Вторая жизнь Арсения Коренева (СИ) - Марченко Геннадий Борисович (серии книг читать онлайн бесплатно полностью .txt, .fb2) 📗
— Ты, Коренев, глазами-то меня не буравь, — хмуро буркнул Иванов, переходя на «ты». — Я понимаю твоё возмущение. И в чём-то даже с тобой согласен, но…
Он сцепил пальцы рук, вздохнул как бы сочувственно.
— В общем, если вкратце, то в местном Облздраве квоту на ординатуру в кардиологии убрали, так как нужны инфекционисты. А Розова по этому предмету лучшая на курсе. Я доходчиво объяснил?

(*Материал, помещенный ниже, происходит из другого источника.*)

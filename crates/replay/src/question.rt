ghost use Rattle.std.specs.Prelude.{◌≡◌, map, length, IfOk};
ghost use Rattle.shelf.specs.Texts.{stretch};
ghost use Rattle.model.specs.Book.{book_step};
ghost use Rattle.model.specs.Calls as calls;
ghost use Rattle.book.specs.Whole.{view};
ghost use Rattle.replay.specs.Calls.{question_call, book_answer};

use crate::call::{BookTold, Question};
use ask::{find, read, shape};
use book::{Book, BookFault};
use shelf::Shelf;
use std::alloc::{AllocError, Global};

// Reads `len` bytes of a version. Memory is asked for only where the version has that many.
fn read_bytes<S: Shelf>(
    heap: Global,
    book: &Book,
    shelf: &S,
    version: usize,
    from: usize,
    len: usize,
) -> Result<Result<BookTold, BookFault>, AllocError>
    ensures { IfOk result (λ a. book_step (S.texts shelf.now) (view book.now)
        (calls.read version from len (map length (S.texts shelf.now))) ≡ (book_answer a, view book.now)) }
{
    // A match, since `?` here passes on want of memory alone: a fault is an answer.
    match shape(book, version) {
        Err(fault) => return Ok(Err(fault)),
        Ok(dimensions) if len > dimensions.len => return Ok(Err(BookFault::PastEnd)),
        Ok(_) => {}
    }
    let mut bytes = vec![in heap; 0u8; len]?;
    let res = read(book, shelf, version, from, bytes.as_mut_slice());
    Ok(res.and(Ok(BookTold::Bytes(bytes))))
}

// The stretch of `count` bytes from `start` on, as far as the bytes go.
fn part(bytes: &[u8], start: usize, count: usize) -> &[u8]
    ensures { result.now ≡ stretch start count bytes.now }
{
    let rest = bytes.get(start..).unwrap_or(b"");
    rest.get(..count).unwrap_or(rest)
}

// Asks the book a question.
pub fn ask<S: Shelf>(
    heap: Global,
    book: &Book,
    shelf: &S,
    patterns: &[u8],
    question: Question,
) -> Result<Result<BookTold, BookFault>, AllocError>
    ensures { IfOk result (λ a. book_step (S.texts shelf.now) (view book.now)
        (question_call patterns.now (map length (S.texts shelf.now)) question) ≡ (book_answer a, view book.now)) }
{
    match question {
        Question::Read { version, from, len } => read_bytes(heap, book, shelf, version, from, len),
        Question::Find {
            version,
            from,
            start,
            count,
        } => Ok(find(book, shelf, version, from, part(patterns, start, count)).map(
            BookTold::Found,
        )),
        Question::Shape { version } => Ok(shape(book, version).map(BookTold::Shaped)),
    }
}
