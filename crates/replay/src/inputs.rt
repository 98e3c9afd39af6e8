ghost use Rattle.std.specs.Prelude.{◌≡◌};
ghost use Rattle.replay.specs.Replays.{pick};
ghost use Rattle.replay.specs.OneOf.{one_texts};

use crate::call::Which;
use crate::one_of::OneOf;
use shelf::Shelf;

// What calls read besides the book and its sheets: two shelves, and the bytes that finds take their patterns from.
#[derive_where(Clone, Copy)]
pub struct Inputs<'a, S, T> {
    pub first: &'a S,
    pub second: &'a T,
    pub patterns: &'a [u8],
}

impl<'a, S: Shelf, T: Shelf> Inputs<'a, S, T> {
    // The shelf that a call is handed.
    pub(crate) fn shelf(&self, which: Which) -> OneOf<'a, S, T>
        ensures { one_texts S.texts T.texts result ≡ pick (S.texts self.now.first.now) (T.texts self.now.second.now) which }
    {
        match which {
            Which::First => OneOf::First(self.first),
            Which::Second => OneOf::Second(self.second),
        }
    }
}
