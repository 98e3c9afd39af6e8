ghost use Rattle.std.specs.Prelude.{◌≡◌, ℕ, List};
ghost use Rattle.model.specs.Book.{book_step};
ghost use Rattle.book.specs.Whole.{view};
ghost use Rattle.replay.specs.Calls.{change_call, book_answer};

use crate::call::{BookTold, Change};
use book::{Book, BookFault};

// Makes a call that may change the book.
pub fn change(book: &mut Book, call: Change) -> Result<BookTold, BookFault>
    ensures { (texts : List (List ℕ)) → book_step texts (view book.old) (change_call call) ≡ (book_answer result, view book.new) }
{
    match call {
        Change::Open { version } => book.open(version).and(Ok(BookTold::Opened)),
        Change::PutPiece {
            place,
            text,
            from,
            len,
        } => book.put_piece(place, text, from, len).map(BookTold::Edited),
        Change::PutVersion { place, version } => {
            book.put_version(place, version).map(BookTold::Edited)
        }
        Change::Cut { from, len } => book.cut(from, len).map(BookTold::Edited),
        Change::Crop { from, len } => book.crop(from, len).map(BookTold::Edited),
        Change::Keep => book.keep().map(BookTold::Kept),
        Change::Toss => book.toss().and(Ok(BookTold::Tossed)),
    }
}
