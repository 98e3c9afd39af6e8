#![tactic(auto)]

// A list of calls on a real book and its sheets, with the law of kept versions on its contract.

mod call;
mod change;
mod inputs;
mod one_of;
mod performing;
mod question;
mod replaying;
mod sheets;

pub use call::{Answer, BookTold, Call, Change, Question, SheetCall, SheetTold, Which};
pub use inputs::Inputs;
pub use performing::perform;
pub use replaying::{replay, replay_on};
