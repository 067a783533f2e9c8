// SPDX-License-Identifier: MIT
//! A target that takes bytes so many times, and then refuses.
ghost use Rattle.std.specs.Prelude.{None};

use imago_copy::target::Target;
use std::alloc::Global;
use std::io::{self, ErrorKind};

/// Bytes in memory. They are refused as on a full device once they were put in so many times.
#[derive(Drop)]
pub struct Refusing {
    /// What was put in.
    pub bytes: Vec<u8>,
    /// How many times something may still be put in.
    pub left: u64,
}

impl Refusing {
    /// Nothing yet.
    pub fn new(alloc: Global, left: u64) -> Refusing {
        Refusing {
            bytes: Vec::new(alloc),
            left,
        }
    }

    /// Counts that something is put in.
    fn take_one(&mut self) -> io::Result<()> {
        if self.left == 0 {
            return Err(io::Error::from(ErrorKind::StorageFull));
        }
        self.left -= 1;
        Ok(())
    }
}

impl Target for Refusing {
    ghost contents = { λ _. None };

    ghost made_for = { λ _. None };

    fn append(&mut self, source: &[u8]) -> io::Result<()> {
        self.take_one()?;
        self.bytes.extend_from_slice(source)?;
        Ok(())
    }

    fn append_zeroes(&mut self, count: u64) -> io::Result<()> {
        self.take_one()?;
        Target::append_zeroes(&mut self.bytes, count)
    }
}
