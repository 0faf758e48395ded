//! Events as they are shown.

ghost use Rattle.std.specs.Prelude.{◌≡◌, IfOk, option_map};
ghost use Rattle.std.specs.List.{AllZip};
ghost use Rattle.je_probe.specs.Shown.{opcode_of_call, opcode_of, called, content_of};
ghost use Rattle.je_probe.specs.Shown.{IsContent, IsEvent};
ghost use Rattle.je_value.specs.Action.{sort_in};

use crate::text::text_shown;
use crate::value::{ProbeValue, values_shown};
use je_base::{Memory, Text};
use je_consts::Consts;
use je_heap::Event;
use je_instr::opcodes;
use je_value::{Action, ActionForm, Content, ContentForm, Sort};
use std::alloc::Global;

/// What the outside sees of an instruction.
#[derive(Debug, Drop)]
pub struct ProbeEvent {
    /// Its opcode.
    pub opcode: u8,
    /// Of a call the class, `.`, the name and the descriptor, and of invokedynamic the name and the
    /// descriptor. A float or monitor instruction has none.
    pub content: Option<Text>,
    /// Its operands, the deepest first.
    pub operands: Vec<ProbeValue>,
}

/// The opcode of a call.
fn opcode_of_call(sort: Sort) -> u8
    ensures { result ≡ opcode_of_call (sort_in sort) }
{
    match sort {
        Sort::Virtual => opcodes::INVOKEVIRTUAL,
        Sort::Special => opcodes::INVOKESPECIAL,
        Sort::Static => opcodes::INVOKESTATIC,
        Sort::Interface => opcodes::INVOKEINTERFACE,
        Sort::Dynamic => opcodes::INVOKEDYNAMIC,
    }
}

/// The opcode of an action of which there is an event, and 0 of every other one.
fn opcode_of(action: &Action) -> u8
    ensures { result ≡ opcode_of action.now }
{
    match action.form() {
        ActionForm::Invoke(sort, _, _) => opcode_of_call(*sort),
        ActionForm::FloatOperation(opcode, _, _) => *opcode,
        ActionForm::MonitorEnter => opcodes::MONITORENTER,
        ActionForm::MonitorExit => opcodes::MONITOREXIT,
        _ => 0,
    }
}

/// What a call names.
fn called(alloc: Global, method: &Content) -> Result<Option<Vec<u8>>, Memory>
    ensures { IfOk result (λ found. option_map (λ v. v.items) found ≡ called method.now) }
{
    let mut bytes = Vec::new(alloc);
    match method.form() {
        ContentForm::Member(_, class, name, descriptor) => {
            bytes.extend_from_slice(class.as_slice())?;
            bytes.push(b'.')?;
            bytes.extend_from_slice(name.as_slice())?;
            bytes.extend_from_slice(descriptor.as_slice())?;
            Ok(Some(bytes))
        }
        ContentForm::InvokeDynamic(_, name, descriptor) => {
            bytes.extend_from_slice(name.as_slice())?;
            bytes.extend_from_slice(descriptor.as_slice())?;
            Ok(Some(bytes))
        }
        _ => Ok(None),
    }
}

/// What a call names, and none of every other action.
fn content_of(alloc: Global, action: &Action) -> Result<Option<Vec<u8>>, Memory>
    ensures { IfOk result (λ found. option_map (λ v. v.items) found ≡ content_of action.now) }
{
    match action.form() {
        ActionForm::Invoke(_, method, _) => {
            let found = called(alloc, method)?;
            Ok(found)
        }
        _ => Ok(None),
    }
}

/// What a call names, as it is shown.
fn content_shown(alloc: Global, action: &Action) -> Result<Option<Text>, Memory>
    ensures { IfOk result (IsContent (content_of action.now)) }
{
    match content_of(alloc, action)? {
        Some(bytes) => Ok(Some(text_shown(alloc, bytes.as_slice())?)),
        None => Ok(None),
    }
}

/// An event as it is shown.
fn event_shown(alloc: Global, consts: &Consts, event: &Event) -> Result<ProbeEvent, Memory>
    ensures { IfOk result (IsEvent consts.now event.now) }
{
    let opcode = opcode_of(event.action());
    let content = content_shown(alloc, event.action())?;
    let operands = values_shown(alloc, consts, event.operands())?;
    Ok(ProbeEvent {
        opcode,
        content,
        operands,
    })
}

/// Events as they are shown.
pub(crate) fn events_shown(
    alloc: Global,
    consts: &Consts,
    events: &[Event],
) -> Result<Vec<ProbeEvent>, Memory>
    ensures { IfOk result (λ v. AllZip (IsEvent consts.now) events.now v.items) }
{
    let mut shown = Vec::new(alloc);
    let mut rest = events;
    while let Some((event, tail)) = rest.split_first() {
        shown.push(event_shown(alloc, consts, event)?)?;
        rest = tail;
    }
    Ok(shown)
}
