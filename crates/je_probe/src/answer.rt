//! What calls and float instructions are answered.

ghost use Rattle.std.specs.Prelude.{◌≡◌, IfOk, map};
ghost use Rattle.je_heap.specs.Outside.{reply_of};
ghost use Rattle.je_probe.specs.Given.{reply_given, answer_given};

use crate::value::{ProbeValue, value_given};
use je_base::Memory;
use je_consts::Consts;
use je_heap::{Answer, Fields, Heap, Reply};
use sqlite_items::Items;
use std::alloc::Global;

/// What a call or a float instruction is answered: a value that is returned, or a reference that is
/// thrown. The heap stays as it is.
#[derive(Clone, Copy, Debug, PartialEq, Eq)]
pub enum ProbeAnswer {
    Value(ProbeValue),
    Throw(ProbeValue),
}

/// The reply that is given.
fn reply_given(alloc: Global, consts: &Consts, given: ProbeAnswer) -> Result<Reply, Memory>
    ensures { IfOk result (λ r. reply_of r ≡ reply_given consts.now given) }
{
    match given {
        ProbeAnswer::Value(value) => Ok(Reply::Gives(value_given(alloc, consts, value)?)),
        ProbeAnswer::Throw(value) => Ok(Reply::Throws(value_given(alloc, consts, value)?)),
    }
}

/// The answer that is given. Its heap is that of the moment when it is taken.
fn answer_given(alloc: Global, consts: &Consts, given: ProbeAnswer) -> Result<Answer, Memory>
    ensures { IfOk result (λ a. a ≡ answer_given consts.now given) }
{
    let reply = reply_given(alloc, consts, given)?;
    let heap = Heap::new(Vec::new(alloc), Fields::new(alloc));
    Ok(Answer::new(reply, heap))
}

/// The answers that are given.
pub(crate) fn answers_given(
    alloc: Global,
    consts: &Consts,
    given: &[ProbeAnswer],
) -> Result<Items<Answer>, Memory>
    ensures { IfOk result (λ all. all ≡ map (answer_given consts.now) given.now) }
{
    let mut answers = Items::new(alloc);
    for one in given {
        answers.push(answer_given(alloc, consts, *one)?)?;
    }
    Ok(answers)
}
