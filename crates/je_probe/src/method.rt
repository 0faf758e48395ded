//! The machine's program that code is.

ghost use Rattle.std.specs.Prelude.{◌≡◌, List, [], IfOk};
ghost use Rattle.std.specs.List.{AllByRecursion, AllZip};
ghost use Rattle.je_instr.specs.Allowed.{IsAllowed};
ghost use Rattle.je_instr.specs.CodeProgram.{IsHandlerOf};
ghost use Rattle.je_instr.specs.Resolves.{Resolves};
ghost use Rattle.je_machine.specs.Operation as machine;
ghost use Rattle.je_probe.specs.Given.{IsMethod};

use crate::value::{ProbeValue, kinds_given};
use je_base::Memory;
use je_consts::Consts;
use je_instr::{Handler as Entry, Instr, Program as Code};
use je_link::{handlers_of, operations_of};
use je_value::{Handler, Operation, Program};
use sqlite_items::Items;
use std::alloc::Global;

/// The operations of instructions, and none where the operands of one are not allowed.
fn operations_given(
    alloc: Global,
    consts: &Consts,
    instrs: &[Instr],
) -> Result<Items<Operation>, Memory>
    ensures found { IfOk result (λ all. AllByRecursion (IsAllowed consts.now) instrs.now
        → AllZip (Resolves consts.now) instrs.now all) }
    ensures none { IfOk result (λ all.
        (AllByRecursion (IsAllowed consts.now) instrs.now → ⊥) → all ≡ []) }
{
    match operations_of(alloc, consts, instrs)? {
        Some(operations) => Ok(operations),
        None => Ok(Items::new(alloc)),
    }
}

/// The handlers of entries, and none where one names no class.
fn handlers_given(
    alloc: Global,
    consts: &Consts,
    entries: &[Entry],
) -> Result<Items<Handler>, Memory>
    ensures found { IfOk result (λ all. (some : List machine.Handler)
        → AllZip (IsHandlerOf consts.now) entries.now some
        → AllZip (IsHandlerOf consts.now) entries.now all) }
    ensures none { IfOk result (λ all. ((some : List machine.Handler)
        → AllZip (IsHandlerOf consts.now) entries.now some → ⊥) → all ≡ []) }
{
    match handlers_of(alloc, consts, entries)? {
        Some(handlers) => Ok(handlers),
        None => Ok(Items::new(alloc)),
    }
}

/// The machine's program of code, whose parameters are of the kinds of the arguments.
pub(crate) fn method_given(
    alloc: Global,
    consts: &Consts,
    code: &Code,
    args: &[ProbeValue],
) -> Result<Program, Memory>
    ensures { IfOk result (IsMethod consts.now code.now args.now) }
{
    let parameters = kinds_given(alloc, args)?;
    let operations = operations_given(alloc, consts, code.instrs.as_slice())?;
    let handlers = handlers_given(alloc, consts, code.handlers.as_slice())?;
    Ok(Program::of(parameters, operations, handlers))
}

Доходчиво-то доходчиво, вот только ближайший год я буду рядовым интерном, да ещё в какой-то Тмутаракани. Единственный плюс, что не так далеко от дома, чуть больше ста километров по трассе. И какие у меня там перспективы? Год в интернах, а потом что? Всю жизнь копошиться в районной больнице? Или показать сразу, какой я крутой кардиолог, чтобы выбить повышение хотя бы в областной центр? Кстати, архангел в чистилище обещал, как говорит современная молодёжь, прокачку скиллов диагностики и исцеления. И где всё обещанное⁈
— Ещё вопросы есть?
Голос ректора вырвал меня из размышлений, заставив вернуться в реальность.
— Какие уж тут вопросы, — махнул я рукой.
— А если переживаете насчёт кандидатской… — он снова перешёл на «вы». — Не стоит. Оценки у вас неплохие, никуда кандидатская от вас не убежит. Без обид?
Он встал, подошёл ко мне и протянул свою большую ладонь.
— Без обид, — вздохнул я, пожимая руку.
— Ну что? — встретили меня вопросом Димка, Олег и Марк, едва мы покинули приёмную.
— Судя по твоему виду, — добавил Марк, — ничего хорошего?
Я снова махнул рукой, как недавно в кабинете Иванова:
— В Саратовской областной срочно инфекционист понадобился вместо кардиолога. Ладно, чёрт с ней, с ординатурой, я уж с вами теперь заодно, в интернатуру иду.
Я выдавил из себя улыбку, надеясь, что она не выглядит жалкой. В конце концов, одну ординатуру я в своей жизни пережил, теперь для разнообразия можно и в интернах себя попробовать. Да и кто знает, надолго ли я задержусь в этой реальности. Может, лягу сегодня спать, а завтра утром проснусь в реанимации 70-летним стариком на ИВЛ… Ну или вообще не проснусь. В чистилище мне по-прежнему верилось весьма слабо.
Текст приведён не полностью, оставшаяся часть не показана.